Resistance circuit and variable gain amplifying circuit

Technical Field

The invention relates to the field of integrated circuit design, in particular to a resistance circuit and a variable gain amplifying circuit.

Background

A conventional resistor Circuit (Resistive Circuit) may be implemented by connecting a plurality of resistors with fixed resistance values in parallel or a Metal-Oxide-Semiconductor Field-Effect Transistor (MOSFET) and a PIN Diode (PIN Diode) operating in a linear region. In order to obtain a variable resistance value, the prior art generally adopts a plurality of switch components connected between parallel resistors, and adjusts an equivalent resistance value of a resistance circuit by controlling on/off states of the plurality of switch components. The variable resistance value may also be provided by adjusting the bias to the MOSFET or adjusting the forward bias of the PIN diode to control the resistance of the sandwich portion.
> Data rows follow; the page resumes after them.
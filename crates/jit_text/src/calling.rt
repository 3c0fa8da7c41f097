// The lines of images and lists of calls that are refused.
ghost use Rattle.std.specs.Prelude.{◌≡◌, ◌++◌, OnOk, IfOk, codes};
ghost use Rattle.std.specs.Fmt.{decimal};
ghost use Rattle.jit_text.specs.RefusalTexts.{no_image_text as no_image_line, line_text, list_text, uncalled_text as uncalled_line};

use ir_print_names::Page;
use jit_calls::CallsRefusal;
use rj_num::NoMemory;
use std::alloc::Global;

/// The line that says how many bytes the globals take, and how many the data memory has.
pub fn no_image_text(alloc: Global, bytes: u64, room: u64) -> Result<Vec<u8>, NoMemory>
    ensures { IfOk result (λ text. text.items ≡ no_image_line bytes room) }
{
    let mut page = Page::new(alloc);
    page.write(b"reopt: image: needs ")?;
    page.number(u128::from(bytes))?;
    page.write(b" bytes, has ")?;
    page.number(u128::from(room))?;
    page.write(b"\n")?;
    Ok(page.into_bytes())
}

/// Adds a line's number, and what is wrong there.
fn push_line(page: &mut Page, line: u32, fault: &[u8]) -> Result<(), NoMemory>
    ensures { OnOk result (page.new ≡ page.old ++ line_text line fault.now) }
{
    page.write(b"line ")?;
    page.number(u128::from(line))?;
    page.write(b": ")?;
    page.write(fault)
}

fn push_count(page: &mut Page, count: u64) -> Result<(), NoMemory>
    ensures { OnOk result (page.new ≡ page.old ++ codes "limit " ++ decimal count) }
{
    page.write(b"limit ")?;
    page.number(u128::from(count))
}

fn push_list(page: &mut Page, refusal: CallsRefusal) -> Result<(), NoMemory>
    ensures { OnOk result (page.new ≡ page.old ++ list_text refusal) }
{
    match refusal {
        CallsRefusal::Syntax { line } => push_line(page, line, b"syntax"),
        CallsRefusal::NoSuchFunction { line } => push_line(page, line, b"no such function"),
        CallsRefusal::Shape { line } => push_line(page, line, b"wrong arguments"),
        CallsRefusal::Limit { count } => push_count(page, count),
        CallsRefusal::NoMemory => page.write(b"no memory"),
    }
}

/// The line that says why a text is no list of the module's calls.
pub fn uncalled_text(alloc: Global, refusal: CallsRefusal) -> Result<Vec<u8>, NoMemory>
    ensures { IfOk result (λ text. text.items ≡ uncalled_line refusal) }
{
    let mut page = Page::new(alloc);
    page.write(b"reopt: calls: ")?;
    push_list(&mut page, refusal)?;
    page.write(b"\n")?;
    Ok(page.into_bytes())
}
However, the conventional resistance circuit has the following problems: the equivalent variable resistance obtained by the method of adjusting the bias of the MOSFET or PIN diode has nonlinear error; the variable resistance value formed using a plurality of parallel resistors is not continuously variable.

Disclosure of Invention

In view of the above, it is an object of the present invention to provide a resistance circuit and a variable gain amplifier circuit that can provide a variable resistance value that changes continuously and smoothly with high linearity.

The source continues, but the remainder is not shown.